* [ACTIVITY]
The answer must be an exact copy of every record.

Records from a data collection
________________
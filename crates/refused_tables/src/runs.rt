//! Reductions on a stack of states.

use cfg_base::index::IndexStorage;
use cfg_base::symbol::{PIdx, RIdx, Symbol, TIdx};
use cfg_numbered::yacc::NumberedGrammar;
use lrtable::{Action, StIdx, StateGraph, StateTable};
use std::alloc::{AllocError, Global};

/// A stack of states over the table of a grammar.
#[derive(Drop)]
pub(crate) struct Run<'a> {
    grm: &'a NumberedGrammar<u32>,
    table: &'a StateTable<u32>,
    states: Vec<StIdx<u32>>,
}

impl<'a> Run<'a> {
    /// Makes a stack of the start state alone.
    pub(crate) fn new(
        alloc: Global,
        grm: &'a NumberedGrammar<u32>,
        table: &'a StateTable<u32>,
    ) -> Result<Self, AllocError> {
        let mut states = Vec::new(alloc);
        states.push(table.start_state())?;
        Ok(Run { grm, table, states })
    }

    /// Returns the state on top, if the table has it.
    fn top(&self) -> Option<StIdx<u32>> {
        self.states.last().copied()
    }

    /// Follows the edges on symbols, as far as there are any.
    pub(crate) fn follow(
        &mut self,
        graph: &StateGraph<u32>,
        symbols: &[Symbol<u32>],
    ) -> Result<(), AllocError> {
        'symbols: for index in 0..symbols.len() {
            if let Some(top) = self.top() {
                if let Some(next) = graph.edge(top, symbols[index]) {
                    self.states.push(next)?;
                }
            }
        }
        Ok(())
    }

    /// Goes on a rule from the state on top, and returns whether there is a goto.
    fn go(&mut self, ridx: RIdx<u32>) -> Result<bool, AllocError> {
        let Some(top) = self.top() else {
            return Ok(false);
        };
        if !self.table.has_state(top) || ridx.0.to_usize() >= self.table.rules_len().0.to_usize() {
            return Ok(false);
        }
        match self.table.goto(top, ridx) {
            Some(next) => {
                self.states.push(next)?;
                Ok(true)
            }
            None => Ok(false),
        }
    }

    /// Returns the production that the state on top reduces before a token, if it reduces one.
    fn reduction_before(&self, tidx: TIdx<u32>) -> Option<PIdx<u32>> {
        let top = self.top()?;
        if !self.table.has_state(top) || tidx.0.to_usize() >= self.table.tokens_len().0.to_usize() {
            return None;
        }
        match self.table.action(top, tidx) {
            Action::Reduce(pidx) => Some(pidx),
            _ => None,
        }
    }

    /// Makes a reduction, and returns whether there is a goto behind it.
    fn reduce(&mut self, pidx: PIdx<u32>) -> Result<bool, AllocError> {
        if !self.grm.has_prod(pidx) {
            return Ok(false);
        }
        let count = self.grm.prod_len(pidx).0.to_usize();
        let left = self.states.len().saturating_sub(count);
        self.states.truncate(left);
        self.go(self.grm.prod_to_rule(pidx))
    }

    /// Makes the reductions before a token, at most `most` of them, and returns their productions.
    pub(crate) fn reductions_before(
        &mut self,
        alloc: Global,
        tidx: TIdx<u32>,
        most: usize,
    ) -> Result<Vec<PIdx<u32>>, AllocError> {
        let mut found = Vec::new(alloc);
        for _turn in 0..most {
            let Some(pidx) = self.reduction_before(tidx) else {
                break;
            };
            found.push(pidx)?;
            if !self.reduce(pidx)? {
                break;
            }
        }
        Ok(found)
    }
}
________________
* [SOLUTION FOR THIS EXERCISE]
filename crates/refused_tables/src/runs.rt
//! Reductions on a stack of states.

use cfg_base::index::IndexStorage;
use cfg_base::symbol::{PIdx, RIdx, Symbol, TIdx};
use cfg_numbered::yacc::NumberedGrammar;
use lrtable::{Action, StIdx, StateGraph, StateTable};
use std::alloc::{AllocError, Global};

/// A stack of states over the table of a grammar.
#[derive(Drop)]
pub(crate) struct Run<'a> {
    grm: &'a NumberedGrammar<u32>,
    table: &'a StateTable<u32>,
    states: Vec<StIdx<u32>>,
}

impl<'a> Run<'a> {
    /// Makes a stack of the start state alone.
    pub(crate) fn new(
        alloc: Global,
        grm: &'a NumberedGrammar<u32>,
        table: &'a StateTable<u32>,
    ) -> Result<Self, AllocError> {
        let mut states = Vec::new(alloc);
        states.push(table.start_state())?;
        Ok(Run { grm, table, states })
    }

    /// Returns the state on top, if the table has it.
    fn top(&self) -> Option<StIdx<u32>> {
        self.states.last().copied()
    }

    /// Follows the edges on symbols, as far as there are any.
    pub(crate) fn follow(
        &mut self,
        graph: &StateGraph<u32>,
        symbols: &[Symbol<u32>],
    ) -> Result<(), AllocError> {
        'symbols: for index in 0..symbols.len() {
            if let Some(top) = self.top() {
                if let Some(next) = graph.edge(top, symbols[index]) {
                    self.states.push(next)?;
                }
            }
        }
        Ok(())
    }

    /// Goes on a rule from the state on top, and returns whether there is a goto.
    fn go(&mut self, ridx: RIdx<u32>) -> Result<bool, AllocError> {
        let Some(top) = self.top() else {
            return Ok(false);
        };
        if !self.table.has_state(top) || ridx.0.to_usize() >= self.table.rules_len().0.to_usize() {
            return Ok(false);
        }
        match self.table.goto(top, ridx) {
            Some(next) => {
                self.states.push(next)?;
                Ok(true)
            }
            None => Ok(false),
        }
    }

    /// Returns the production that the state on top reduces before a token, if it reduces one.
    fn reduction_before(&self, tidx: TIdx<u32>) -> Option<PIdx<u32>> {
        let top = self.top()?;
        if !self.table.has_state(top) || tidx.0.to_usize() >= self.table.tokens_len().0.to_usize() {
            return None;
        }
        match self.table.action(top, tidx) {
            Action::Reduce(pidx) => Some(pidx),
            _ => None,
        }
    }

    /// Makes a reduction, and returns whether there is a goto behind it.
    fn reduce(&mut self, pidx: PIdx<u32>) -> Result<bool, AllocError> {
        if !self.grm.has_prod(pidx) {
            return Ok(false);
        }
        let count = self.grm.prod_len(pidx).0.to_usize();
        let left = self.states.len().saturating_sub(count);
        self.states.truncate(left);
        self.go(self.grm.prod_to_rule(pidx))
    }

    /// Makes the reductions before a token, at most `most` of them, and returns their productions.
    pub(crate) fn reductions_before(
        &mut self,
        alloc: Global,
        tidx: TIdx<u32>,
        most: usize,
    ) -> Result<Vec<PIdx<u32>>, AllocError> {
        let mut found = Vec::new(alloc);
        for _turn in 0..most {
            let Some(pidx) = self.reduction_before(tidx) else {
                break;
            };
            found.push(pidx)?;
            if !self.reduce(pidx)? {
                break;
            }
        }
        Ok(found)
    }
}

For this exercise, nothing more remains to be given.